→ Description of the task: Reproduce, exactly and in full, only the lines below from the one containing "repository 978195bddcb7d491" through the one containing "(end - start) ≤".

Dataset entries:
◇ ◇ ◇ ◇ ◇
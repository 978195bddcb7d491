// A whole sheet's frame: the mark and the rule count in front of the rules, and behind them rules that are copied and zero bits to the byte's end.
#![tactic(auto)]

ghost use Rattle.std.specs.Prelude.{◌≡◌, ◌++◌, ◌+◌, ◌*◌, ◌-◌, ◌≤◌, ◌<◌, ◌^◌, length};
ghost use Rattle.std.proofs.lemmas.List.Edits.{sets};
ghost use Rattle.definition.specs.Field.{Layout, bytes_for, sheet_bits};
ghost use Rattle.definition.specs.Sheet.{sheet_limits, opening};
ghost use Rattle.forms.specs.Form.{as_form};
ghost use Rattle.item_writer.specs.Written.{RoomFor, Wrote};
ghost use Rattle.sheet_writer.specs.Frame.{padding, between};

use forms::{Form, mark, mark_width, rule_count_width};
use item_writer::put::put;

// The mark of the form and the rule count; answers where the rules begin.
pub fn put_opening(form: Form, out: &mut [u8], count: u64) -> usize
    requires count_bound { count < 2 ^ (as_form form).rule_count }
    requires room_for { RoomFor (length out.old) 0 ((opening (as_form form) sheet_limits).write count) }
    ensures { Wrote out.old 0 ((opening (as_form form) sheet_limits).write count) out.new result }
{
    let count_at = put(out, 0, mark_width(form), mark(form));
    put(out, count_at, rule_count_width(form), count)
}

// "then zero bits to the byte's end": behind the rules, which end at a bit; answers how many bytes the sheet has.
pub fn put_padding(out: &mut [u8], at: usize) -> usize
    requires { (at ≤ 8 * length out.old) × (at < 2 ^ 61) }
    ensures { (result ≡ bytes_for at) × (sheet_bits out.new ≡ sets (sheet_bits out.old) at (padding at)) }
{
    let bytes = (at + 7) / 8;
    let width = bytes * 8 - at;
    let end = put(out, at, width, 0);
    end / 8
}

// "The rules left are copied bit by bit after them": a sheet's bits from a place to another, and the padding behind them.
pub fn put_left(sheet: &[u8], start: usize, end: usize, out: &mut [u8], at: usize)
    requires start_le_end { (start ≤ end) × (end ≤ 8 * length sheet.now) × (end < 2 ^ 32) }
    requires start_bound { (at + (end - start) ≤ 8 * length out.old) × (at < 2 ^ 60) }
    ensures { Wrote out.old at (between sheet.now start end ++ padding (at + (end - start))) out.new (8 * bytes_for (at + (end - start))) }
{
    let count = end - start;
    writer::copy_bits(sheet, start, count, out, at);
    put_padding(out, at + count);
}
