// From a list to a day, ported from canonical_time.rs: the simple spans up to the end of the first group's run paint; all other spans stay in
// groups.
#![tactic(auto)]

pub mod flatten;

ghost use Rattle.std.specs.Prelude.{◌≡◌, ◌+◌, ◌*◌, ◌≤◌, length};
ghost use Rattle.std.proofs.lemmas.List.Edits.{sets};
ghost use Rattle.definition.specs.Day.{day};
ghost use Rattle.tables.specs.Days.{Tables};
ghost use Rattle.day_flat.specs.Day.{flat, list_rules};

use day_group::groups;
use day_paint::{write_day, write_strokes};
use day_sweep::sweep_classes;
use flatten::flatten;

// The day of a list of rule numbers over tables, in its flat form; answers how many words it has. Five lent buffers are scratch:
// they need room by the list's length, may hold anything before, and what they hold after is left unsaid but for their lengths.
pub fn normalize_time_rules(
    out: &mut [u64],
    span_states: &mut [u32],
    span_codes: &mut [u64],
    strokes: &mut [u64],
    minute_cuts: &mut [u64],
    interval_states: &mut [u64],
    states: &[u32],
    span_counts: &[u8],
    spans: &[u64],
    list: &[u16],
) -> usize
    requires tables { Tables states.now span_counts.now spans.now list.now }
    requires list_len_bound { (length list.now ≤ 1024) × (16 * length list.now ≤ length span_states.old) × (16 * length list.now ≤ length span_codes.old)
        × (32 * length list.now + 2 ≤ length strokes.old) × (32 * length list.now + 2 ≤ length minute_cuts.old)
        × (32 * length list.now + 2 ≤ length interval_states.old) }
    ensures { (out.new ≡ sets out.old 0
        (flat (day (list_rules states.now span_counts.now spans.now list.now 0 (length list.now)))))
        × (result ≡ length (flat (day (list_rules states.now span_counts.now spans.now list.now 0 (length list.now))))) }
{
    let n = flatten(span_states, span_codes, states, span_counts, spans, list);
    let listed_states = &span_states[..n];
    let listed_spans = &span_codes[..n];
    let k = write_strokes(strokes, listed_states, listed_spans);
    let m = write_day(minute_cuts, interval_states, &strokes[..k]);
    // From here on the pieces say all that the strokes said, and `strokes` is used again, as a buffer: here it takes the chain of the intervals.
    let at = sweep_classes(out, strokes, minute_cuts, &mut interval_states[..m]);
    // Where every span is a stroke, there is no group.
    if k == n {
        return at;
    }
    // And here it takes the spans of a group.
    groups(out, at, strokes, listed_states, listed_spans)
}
◇ ◇ ◇ ◇ ◇
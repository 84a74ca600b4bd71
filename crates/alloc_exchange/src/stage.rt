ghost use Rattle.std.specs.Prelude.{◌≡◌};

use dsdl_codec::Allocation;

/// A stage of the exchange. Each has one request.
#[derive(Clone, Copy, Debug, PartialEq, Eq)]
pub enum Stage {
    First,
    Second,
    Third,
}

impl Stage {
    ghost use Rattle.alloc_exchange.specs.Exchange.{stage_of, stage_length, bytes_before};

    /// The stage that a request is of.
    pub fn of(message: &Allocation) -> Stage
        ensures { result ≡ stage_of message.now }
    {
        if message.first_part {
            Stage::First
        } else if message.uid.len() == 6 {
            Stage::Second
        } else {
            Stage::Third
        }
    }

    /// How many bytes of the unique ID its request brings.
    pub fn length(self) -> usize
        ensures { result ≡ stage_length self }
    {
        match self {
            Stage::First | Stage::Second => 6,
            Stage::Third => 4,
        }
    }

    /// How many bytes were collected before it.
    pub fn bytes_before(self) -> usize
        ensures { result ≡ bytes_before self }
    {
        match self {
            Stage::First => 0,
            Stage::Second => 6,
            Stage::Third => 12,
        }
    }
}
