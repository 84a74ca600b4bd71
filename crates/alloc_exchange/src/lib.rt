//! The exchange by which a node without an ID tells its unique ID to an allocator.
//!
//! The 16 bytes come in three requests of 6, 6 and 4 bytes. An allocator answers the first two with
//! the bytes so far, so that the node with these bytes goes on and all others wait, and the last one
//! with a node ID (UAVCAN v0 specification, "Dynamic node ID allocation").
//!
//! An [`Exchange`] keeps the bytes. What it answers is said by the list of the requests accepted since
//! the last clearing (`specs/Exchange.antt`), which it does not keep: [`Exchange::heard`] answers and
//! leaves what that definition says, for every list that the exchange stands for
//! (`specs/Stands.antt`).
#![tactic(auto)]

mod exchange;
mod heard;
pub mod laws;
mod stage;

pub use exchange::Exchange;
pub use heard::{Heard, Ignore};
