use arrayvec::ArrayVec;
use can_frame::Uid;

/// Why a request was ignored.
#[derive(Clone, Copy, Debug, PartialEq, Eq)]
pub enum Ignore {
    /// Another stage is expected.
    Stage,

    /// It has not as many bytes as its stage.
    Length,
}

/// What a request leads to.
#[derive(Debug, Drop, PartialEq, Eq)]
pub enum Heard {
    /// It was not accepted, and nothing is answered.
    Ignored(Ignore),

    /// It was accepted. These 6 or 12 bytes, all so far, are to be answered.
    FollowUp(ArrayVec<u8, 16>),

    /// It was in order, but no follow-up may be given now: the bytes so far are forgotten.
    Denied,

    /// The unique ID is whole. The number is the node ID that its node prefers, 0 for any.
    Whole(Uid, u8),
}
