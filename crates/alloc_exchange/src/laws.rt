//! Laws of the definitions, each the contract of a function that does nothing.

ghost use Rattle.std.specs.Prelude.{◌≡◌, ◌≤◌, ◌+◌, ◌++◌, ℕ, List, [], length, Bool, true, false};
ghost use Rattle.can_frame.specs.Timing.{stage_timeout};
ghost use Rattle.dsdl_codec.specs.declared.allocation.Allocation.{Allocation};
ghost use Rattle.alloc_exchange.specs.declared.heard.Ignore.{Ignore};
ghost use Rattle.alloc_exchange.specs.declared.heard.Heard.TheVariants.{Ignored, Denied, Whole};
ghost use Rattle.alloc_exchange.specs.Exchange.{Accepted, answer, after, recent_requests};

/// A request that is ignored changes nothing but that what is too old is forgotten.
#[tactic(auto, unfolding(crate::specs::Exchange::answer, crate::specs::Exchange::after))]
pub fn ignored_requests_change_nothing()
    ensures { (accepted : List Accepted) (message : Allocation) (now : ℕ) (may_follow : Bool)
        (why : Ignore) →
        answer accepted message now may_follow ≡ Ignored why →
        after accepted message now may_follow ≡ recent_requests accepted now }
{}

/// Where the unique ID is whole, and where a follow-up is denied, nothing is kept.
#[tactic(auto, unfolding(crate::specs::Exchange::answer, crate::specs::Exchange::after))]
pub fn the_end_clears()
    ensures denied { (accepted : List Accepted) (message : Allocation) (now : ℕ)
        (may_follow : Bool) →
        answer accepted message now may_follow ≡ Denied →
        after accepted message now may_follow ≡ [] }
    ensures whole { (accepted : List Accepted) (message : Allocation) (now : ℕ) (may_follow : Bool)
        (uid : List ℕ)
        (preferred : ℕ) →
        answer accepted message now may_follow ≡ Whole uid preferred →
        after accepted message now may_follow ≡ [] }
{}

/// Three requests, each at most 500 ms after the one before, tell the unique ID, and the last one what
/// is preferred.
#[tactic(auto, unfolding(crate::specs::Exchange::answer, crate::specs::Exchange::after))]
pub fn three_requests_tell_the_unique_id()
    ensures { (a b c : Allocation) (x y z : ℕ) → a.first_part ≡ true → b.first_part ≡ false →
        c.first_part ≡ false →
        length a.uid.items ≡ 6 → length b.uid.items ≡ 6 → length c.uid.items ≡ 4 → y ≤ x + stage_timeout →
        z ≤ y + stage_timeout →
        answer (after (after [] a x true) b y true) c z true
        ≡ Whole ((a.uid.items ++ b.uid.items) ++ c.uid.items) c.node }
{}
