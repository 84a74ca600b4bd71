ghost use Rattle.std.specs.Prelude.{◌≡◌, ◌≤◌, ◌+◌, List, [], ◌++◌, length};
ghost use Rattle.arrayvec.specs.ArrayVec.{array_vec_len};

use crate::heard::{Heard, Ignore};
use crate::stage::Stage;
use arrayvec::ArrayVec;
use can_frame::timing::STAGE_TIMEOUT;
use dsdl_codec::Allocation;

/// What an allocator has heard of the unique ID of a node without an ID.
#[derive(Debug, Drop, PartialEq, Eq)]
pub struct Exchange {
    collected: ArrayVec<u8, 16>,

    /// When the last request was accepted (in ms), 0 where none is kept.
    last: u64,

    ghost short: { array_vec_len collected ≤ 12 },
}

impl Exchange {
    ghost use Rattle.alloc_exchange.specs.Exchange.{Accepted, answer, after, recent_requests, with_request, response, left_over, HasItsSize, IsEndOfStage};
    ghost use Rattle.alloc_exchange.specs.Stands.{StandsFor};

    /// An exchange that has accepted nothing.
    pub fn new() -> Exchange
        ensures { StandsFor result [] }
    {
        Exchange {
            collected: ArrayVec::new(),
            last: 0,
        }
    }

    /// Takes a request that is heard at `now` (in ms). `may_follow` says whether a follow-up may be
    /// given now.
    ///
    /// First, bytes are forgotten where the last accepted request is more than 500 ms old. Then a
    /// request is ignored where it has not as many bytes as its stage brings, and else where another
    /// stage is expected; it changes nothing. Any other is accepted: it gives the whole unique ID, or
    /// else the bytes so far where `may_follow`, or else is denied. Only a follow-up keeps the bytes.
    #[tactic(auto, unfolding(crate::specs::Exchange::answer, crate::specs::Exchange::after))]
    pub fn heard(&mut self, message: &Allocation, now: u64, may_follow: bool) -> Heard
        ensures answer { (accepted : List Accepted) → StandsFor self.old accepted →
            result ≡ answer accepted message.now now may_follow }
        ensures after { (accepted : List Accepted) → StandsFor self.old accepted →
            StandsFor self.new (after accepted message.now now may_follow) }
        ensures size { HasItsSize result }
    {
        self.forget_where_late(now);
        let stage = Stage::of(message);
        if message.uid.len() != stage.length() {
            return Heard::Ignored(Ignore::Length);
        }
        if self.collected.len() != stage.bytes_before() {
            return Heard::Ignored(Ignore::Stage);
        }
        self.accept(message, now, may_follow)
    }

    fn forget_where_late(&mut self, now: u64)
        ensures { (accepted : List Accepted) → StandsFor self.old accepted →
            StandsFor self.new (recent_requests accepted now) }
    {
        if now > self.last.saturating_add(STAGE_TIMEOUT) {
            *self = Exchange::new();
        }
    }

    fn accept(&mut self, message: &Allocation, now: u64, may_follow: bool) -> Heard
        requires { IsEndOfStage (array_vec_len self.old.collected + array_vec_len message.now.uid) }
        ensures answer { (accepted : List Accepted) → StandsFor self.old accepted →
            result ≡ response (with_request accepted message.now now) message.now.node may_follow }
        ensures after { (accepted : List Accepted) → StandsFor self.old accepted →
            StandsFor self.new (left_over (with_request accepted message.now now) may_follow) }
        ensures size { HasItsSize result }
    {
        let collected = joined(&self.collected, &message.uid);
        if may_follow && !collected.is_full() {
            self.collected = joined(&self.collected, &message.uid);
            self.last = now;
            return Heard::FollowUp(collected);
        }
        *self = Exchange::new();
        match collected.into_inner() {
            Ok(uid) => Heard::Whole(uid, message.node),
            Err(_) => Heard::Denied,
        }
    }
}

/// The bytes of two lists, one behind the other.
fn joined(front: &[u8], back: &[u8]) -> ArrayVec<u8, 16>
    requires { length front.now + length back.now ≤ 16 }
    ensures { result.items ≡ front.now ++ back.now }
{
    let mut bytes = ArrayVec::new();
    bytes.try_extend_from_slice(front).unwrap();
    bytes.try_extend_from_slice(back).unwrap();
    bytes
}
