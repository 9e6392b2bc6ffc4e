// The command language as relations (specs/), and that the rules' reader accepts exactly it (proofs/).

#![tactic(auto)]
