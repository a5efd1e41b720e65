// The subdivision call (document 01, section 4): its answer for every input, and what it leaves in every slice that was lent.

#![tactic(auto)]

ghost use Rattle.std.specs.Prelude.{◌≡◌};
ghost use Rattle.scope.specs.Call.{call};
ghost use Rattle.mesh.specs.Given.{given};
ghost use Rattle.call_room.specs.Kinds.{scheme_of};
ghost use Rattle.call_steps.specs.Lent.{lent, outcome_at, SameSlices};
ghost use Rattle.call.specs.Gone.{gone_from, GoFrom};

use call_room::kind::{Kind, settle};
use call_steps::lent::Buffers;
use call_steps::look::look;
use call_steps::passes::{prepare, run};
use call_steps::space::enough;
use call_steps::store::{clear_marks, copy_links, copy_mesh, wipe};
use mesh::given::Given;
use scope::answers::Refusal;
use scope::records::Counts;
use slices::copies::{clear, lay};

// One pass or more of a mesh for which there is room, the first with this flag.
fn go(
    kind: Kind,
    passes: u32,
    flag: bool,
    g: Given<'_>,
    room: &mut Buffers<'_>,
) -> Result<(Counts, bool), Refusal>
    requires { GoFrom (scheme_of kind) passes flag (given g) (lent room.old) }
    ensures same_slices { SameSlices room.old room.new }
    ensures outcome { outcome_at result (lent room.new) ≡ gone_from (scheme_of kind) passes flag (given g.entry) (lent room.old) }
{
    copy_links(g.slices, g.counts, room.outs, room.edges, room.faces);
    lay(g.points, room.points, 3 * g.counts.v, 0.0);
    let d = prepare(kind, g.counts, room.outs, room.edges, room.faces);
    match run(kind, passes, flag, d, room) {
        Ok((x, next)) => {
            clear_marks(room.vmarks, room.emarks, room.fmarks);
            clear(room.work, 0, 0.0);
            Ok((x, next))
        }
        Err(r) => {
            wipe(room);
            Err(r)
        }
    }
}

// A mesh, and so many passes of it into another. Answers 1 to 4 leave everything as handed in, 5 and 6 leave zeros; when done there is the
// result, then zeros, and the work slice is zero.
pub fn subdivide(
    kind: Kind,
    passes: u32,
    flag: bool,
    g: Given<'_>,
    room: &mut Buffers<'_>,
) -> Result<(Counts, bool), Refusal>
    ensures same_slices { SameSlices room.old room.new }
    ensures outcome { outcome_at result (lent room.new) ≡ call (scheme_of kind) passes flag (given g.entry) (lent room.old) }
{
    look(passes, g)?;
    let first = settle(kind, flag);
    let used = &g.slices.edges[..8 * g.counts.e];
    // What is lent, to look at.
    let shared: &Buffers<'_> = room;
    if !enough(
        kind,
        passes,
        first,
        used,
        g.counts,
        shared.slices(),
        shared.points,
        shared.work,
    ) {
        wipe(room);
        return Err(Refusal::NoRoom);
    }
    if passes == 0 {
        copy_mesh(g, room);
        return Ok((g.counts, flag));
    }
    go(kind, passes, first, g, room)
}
◇ ◇ ◇ ◇ ◇
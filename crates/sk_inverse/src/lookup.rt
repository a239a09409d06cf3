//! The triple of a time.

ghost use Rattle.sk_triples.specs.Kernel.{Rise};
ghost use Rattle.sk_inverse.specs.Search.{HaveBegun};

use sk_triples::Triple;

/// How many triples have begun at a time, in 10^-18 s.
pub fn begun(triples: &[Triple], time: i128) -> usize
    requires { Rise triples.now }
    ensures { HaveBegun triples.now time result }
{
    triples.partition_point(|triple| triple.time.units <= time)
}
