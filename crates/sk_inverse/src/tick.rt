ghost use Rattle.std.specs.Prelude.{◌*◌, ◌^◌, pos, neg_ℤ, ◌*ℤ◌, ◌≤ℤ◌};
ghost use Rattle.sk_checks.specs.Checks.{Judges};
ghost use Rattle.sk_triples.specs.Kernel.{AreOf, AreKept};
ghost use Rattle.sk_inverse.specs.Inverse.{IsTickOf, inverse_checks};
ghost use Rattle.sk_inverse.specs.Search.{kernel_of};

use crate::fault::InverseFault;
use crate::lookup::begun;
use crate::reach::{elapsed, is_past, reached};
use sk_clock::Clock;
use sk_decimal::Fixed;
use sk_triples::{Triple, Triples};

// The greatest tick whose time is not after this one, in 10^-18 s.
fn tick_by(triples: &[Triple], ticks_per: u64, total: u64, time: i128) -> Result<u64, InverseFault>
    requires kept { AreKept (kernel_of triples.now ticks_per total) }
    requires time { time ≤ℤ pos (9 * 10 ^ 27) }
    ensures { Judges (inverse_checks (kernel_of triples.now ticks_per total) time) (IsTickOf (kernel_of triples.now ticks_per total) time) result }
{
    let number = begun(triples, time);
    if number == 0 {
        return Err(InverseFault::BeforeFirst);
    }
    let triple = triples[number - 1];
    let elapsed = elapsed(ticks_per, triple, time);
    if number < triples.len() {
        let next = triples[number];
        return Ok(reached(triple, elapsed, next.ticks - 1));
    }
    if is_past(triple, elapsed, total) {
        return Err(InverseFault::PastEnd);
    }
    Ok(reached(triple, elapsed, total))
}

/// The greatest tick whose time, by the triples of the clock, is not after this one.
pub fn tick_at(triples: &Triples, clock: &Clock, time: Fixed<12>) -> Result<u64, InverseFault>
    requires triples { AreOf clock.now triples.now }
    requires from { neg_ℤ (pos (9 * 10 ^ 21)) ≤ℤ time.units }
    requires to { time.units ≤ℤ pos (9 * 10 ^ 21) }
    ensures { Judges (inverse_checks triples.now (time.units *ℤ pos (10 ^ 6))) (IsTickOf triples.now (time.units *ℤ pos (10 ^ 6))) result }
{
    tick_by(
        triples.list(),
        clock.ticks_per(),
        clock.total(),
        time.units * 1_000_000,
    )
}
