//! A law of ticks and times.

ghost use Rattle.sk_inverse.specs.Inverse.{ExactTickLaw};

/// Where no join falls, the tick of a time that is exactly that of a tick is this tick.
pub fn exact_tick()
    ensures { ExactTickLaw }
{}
◇ ◇ ◇ ◇ ◇
→ Solution for this task:
repository 978195bddcb7d491
// A whole sheet's frame: the mark and the rule count in front of the rules, and behind them rules that are copied and zero bits to the byte's end.
#![tactic(auto)]

ghost use Rattle.std.specs.Prelude.{◌≡◌, ◌++◌, ◌+◌, ◌*◌, ◌-◌, ◌≤◌, ◌<◌, ◌^◌, length};
ghost use Rattle.std.proofs.lemmas.List.Edits.{sets};
ghost use Rattle.definition.specs.Field.{Layout, bytes_for, sheet_bits};
ghost use Rattle.definition.specs.Sheet.{sheet_limits, opening};
ghost use Rattle.forms.specs.Form.{as_form};
ghost use Rattle.item_writer.specs.Written.{RoomFor, Wrote};
ghost use Rattle.sheet_writer.specs.Frame.{padding, between};

use forms::{Form, mark, mark_width, rule_count_width};
use item_writer::put::put;

// The mark of the form and the rule count; answers where the rules begin.
pub fn put_opening(form: Form, out: &mut [u8], count: u64) -> usize
    requires count_bound { count < 2 ^ (as_form form).rule_count }
    requires room_for { RoomFor (length out.old) 0 ((opening (as_form form) sheet_limits).write count) }
    ensures { Wrote out.old 0 ((opening (as_form form) sheet_limits).write count) out.new result }
{
    let count_at = put(out, 0, mark_width(form), mark(form));
    put(out, count_at, rule_count_width(form), count)
}

// "then zero bits to the byte's end": behind the rules, which end at a bit; answers how many bytes the sheet has.
pub fn put_padding(out: &mut [u8], at: usize) -> usize
    requires { (at ≤ 8 * length out.old) × (at < 2 ^ 61) }
    ensures { (result ≡ bytes_for at) × (sheet_bits out.new ≡ sets (sheet_bits out.old) at (padding at)) }
{
    let bytes = (at + 7) / 8;
    let width = bytes * 8 - at;
    let end = put(out, at, width, 0);
    end / 8
}

// "The rules left are copied bit by bit after them": a sheet's bits from a place to another, and the padding behind them.
pub fn put_left(sheet: &[u8], start: usize, end: usize, out: &mut [u8], at: usize)
    requires start_le_end { (start ≤ end) × (end ≤ 8 * length sheet.now) × (end < 2 ^ 32) }
    requires start_bound { (at + (end - start) ≤ 8 * length out.old) × (at < 2 ^ 60) }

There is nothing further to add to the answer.